Survival Eating: How Extreme Hunger Rewires Food Disgust

by | Jun 4, 2026 | Frame Fuel - Post

 

You’ve probably never been in a situation where you have to drink your own piss, and hopefully you never will. Unfortunately for some people, this is a situation they find themselves in. It’s a choice, eat and drink something disgusting to survive, or die. Seems easy, but do you think you could get over this disgust, and do what you had to do to survive. Well, science suggests you can.

Dr Sarita Robinson is a survival psychologist, and she explains what goes on in survival situations to help you get over your revulsion. “As your blood glucose drops, there is a specific part of the brain that starts to turn off. The ACC regulates your feelings of disgust, and what you will and won’t ingest. Our bodies recognise that it is more important to get energy, and we have to bear with it and eat what’s available.”

Disgust is one of the human emotions that is completely universal, and reactions like wrinkled noses, narrow eyes, and pulling yourself back from something can be read by anyone, but in a survival situation overcoming these reactions can be essential to survival, and you can even learn to like objectively disgusting things.

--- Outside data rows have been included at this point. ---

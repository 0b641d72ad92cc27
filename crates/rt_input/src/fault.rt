// Why a run ends early, with its cause.
ghost use Rattle.std.specs.Prelude.{◌≡◌, ◌<◌, ◌↔◌};
ghost use Rattle.rt_input.specs.Errors.{code_of, name_of};
ghost use Rattle.rt_input.specs.declared.fault.ConsoleError.TheVariants.{NoMemory};
ghost use Rattle.rt_input.specs.Causes.{error_of};

use crate::lines::MOST_INPUT;
use crate::stream::{Drain, Reading, Source, Writing};
use std::alloc::{AllocError, AllocFailed};
use std::fmt;
use std::io::{self, Read, Write};
use thiserror::Error;

// ---- why a run ends early

/// Why a run of the console ends early, or does not begin.
#[derive(Clone, Copy, Debug, PartialEq, Eq, Error)]
pub enum ConsoleError {
    #[error("the input can't be read, or has more than 67108864 bytes")]
    ReadFault,
    #[error("the output can't be written")]
    WriteFault,
    #[error("the words of the command line make no command")]
    BadWords,
    #[error("out of memory")]
    NoMemory,
}

impl ConsoleError {
    /// The number of the error, from 1 to 4.
    pub fn code(&self) -> u8
        ensures { result ≡ code_of self.now }
    {
        match self {
            ConsoleError::ReadFault => 1,
            ConsoleError::WriteFault => 2,
            ConsoleError::BadWords => 3,
            ConsoleError::NoMemory => 4,
        }
    }

    /// The name of the error.
    pub fn name(&self) -> &'static str
        ensures { result.now ≡ name_of self.now }
    {
        match self {
            ConsoleError::ReadFault => "ReadFault",
            ConsoleError::WriteFault => "WriteFault",
            ConsoleError::BadWords => "BadWords",
            ConsoleError::NoMemory => "NoMemory",
        }
    }
}

impl From<AllocError> for ConsoleError {
    ghost from_gives = { λ _ e. e ≡ NoMemory };

    fn from(_error: AllocError) -> ConsoleError {
        ConsoleError::NoMemory
    }
}

impl<T: Drop> From<AllocFailed<T>> for ConsoleError {
    ghost from_gives = { λ _ e. e ≡ NoMemory };

    fn from(_error: AllocFailed<T>) -> ConsoleError {
        ConsoleError::NoMemory
    }
}

// ---- why a run ends early, with its cause

/// A [`ConsoleError`] with why it came, as it is told to a person.
#[derive(Drop, Error)]
pub enum Fault {
    /// A read failed, and what the system says of it.
    #[error("the input can't be read: {0}")]
    Unread(io::Error),
    /// There was more input than is taken.
    #[error("the input has more than {MOST_INPUT} bytes")]
    TooLong,
    /// A write failed, and what the system says of it.
    #[error("the output can't be written: {0}")]
    Unwritten(io::Error),
    #[error("the words of the command line make no command")]
    BadWords,
    #[error("out of memory")]
    NoMemory,
}

impl fmt::Debug for Fault {
    // In its words.
    fn fmt<W: fmt::Write>(&self, f: &mut fmt::Formatter<W>) -> fmt::Result {
        fmt::Display::fmt(self, f)
    }
}

impl Fault {
    /// The error of a run that read and wrote by these, with its cause: a read that failed, or else that
    /// there was too much to be read.
    pub fn of<R: Read + Drop, W: Write + Drop>(
        error: ConsoleError,
        reader: Reading<R>,
        writer: Writing<W>,
    ) -> Fault
        requires { error ≡ ConsoleError.WriteFault → 0 < ⟦<Writing<W> as Drain>⟧.failures writer }
        ensures error { error_of result ≡ error }
        ensures too_long { error ≡ ConsoleError.ReadFault
            → ((result ≡ Fault.TooLong) ↔ (⟦<Reading<R> as Source>⟧.failures reader ≡ 0)) }
    {
        match error {
            ConsoleError::ReadFault => match reader.into_cause() {
                Some(why) => Fault::Unread(why),
                None => Fault::TooLong,
            },
            ConsoleError::WriteFault => match writer.into_cause() {
                Some(why) => Fault::Unwritten(why),
                None => unreachable!(),
            },
            ConsoleError::BadWords => Fault::BadWords,
            ConsoleError::NoMemory => Fault::NoMemory,
        }
    }

    // Which error it is.
    fn error(&self) -> ConsoleError
        ensures { result ≡ error_of self.now }
    {
        match self {
            Fault::Unread(_) | Fault::TooLong => ConsoleError::ReadFault,
            Fault::Unwritten(_) => ConsoleError::WriteFault,
            Fault::BadWords => ConsoleError::BadWords,
            Fault::NoMemory => ConsoleError::NoMemory,
        }
    }

    /// The number of the error that it is, from 1 to 4.
    pub fn code(&self) -> u8
        ensures { result ≡ code_of (error_of self.now) }
    {
        self.error().code()
    }

    /// The name of the error that it is.
    pub fn name(&self) -> &'static str
        ensures { result.now ≡ name_of (error_of self.now) }
    {
        self.error().name()
    }
}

“There’s the fascinating story of Steven Callahan, who wrote ‘Adrift, 76 days lost at sea’ based on his experience. He survived on a little life raft for weeks, and had to start looking at ways to survive,’ says Robinson. “What he said was that he really liked eating fish eyes. He was eating them like skittles, and the best bit was when the eyeballs burst and he got a bit of extra fluid.

“Now I don’t know about you, but the eyes aren’t normally the prime bit of fish that I go for. It’s really fascinating how much our hunger moderates our sense of disgust.”

Cows head served with Ice Cream
Cuisines in other cultures can, to outsiders, be disgusting (Credit: Greger Ravik)

Survival situations don’t just apply to when you find yourself stranded in the wilderness. Pregnancy is a survival situation, and the stakes are double. It’s suddenly not just your own life you have to consider. “When women are in their first trimester they get much more sensitive to disgust,” explains Robinson. “When you think about you’re immune system, you probably think about antibodies floating around your body, but actually the first level of defence is actually behavioural.

“If you saw someone sneezing and vomiting, you’d probably try and avoid them- that’s part of the immune system, and it’s the same as avoiding disgusting food. Pregnancy accentuates this.”

One benefit that can come out of these sort of survival situations is that you can unlearn cultural behaviours. It’s no secret that sometimes when you go to a foreign country, you can experience a little trepidation in eating their odd cuisine. “This is a learnt behaviour,” explains Robinson, “if you are bought up in a society where food is scarce, and you don’t have the luxury of eating the more sterile parts of the animal, then you could end up eating a sheep’s head or something like that.

“But cultures also evolve, if you look at Britain 50 years ago, we used to eat things like tripe, offal and animal hearts, it’s not unfeasible to think that we could go back to eating like this if supply chains faulter.”

What can happen, however, if you spend enough time with a different culture, you can get used to eating food you previously thought of as disgusting. “Obviously when you get back into society after being in the wilderness you don’t carry on drinking your wee,” explains Robinson, “but you can change perspectives on foods though. I’ve really gained a taste for century eggs. Once you get over the colour and idea of them, they’re really tasty.”

Century eggs are made by preserving eggs in clay, ash, salt, and quicklime for several weeks (Credit: Laughlin Elkind)

You can turn your nose up at anything, and for a lot of the things mentioned here you would be more than within your rights to do so. You never know though, one day you could be in a situation where fish eyes do become skittles for you, and put aside your trepidations in the name of survival.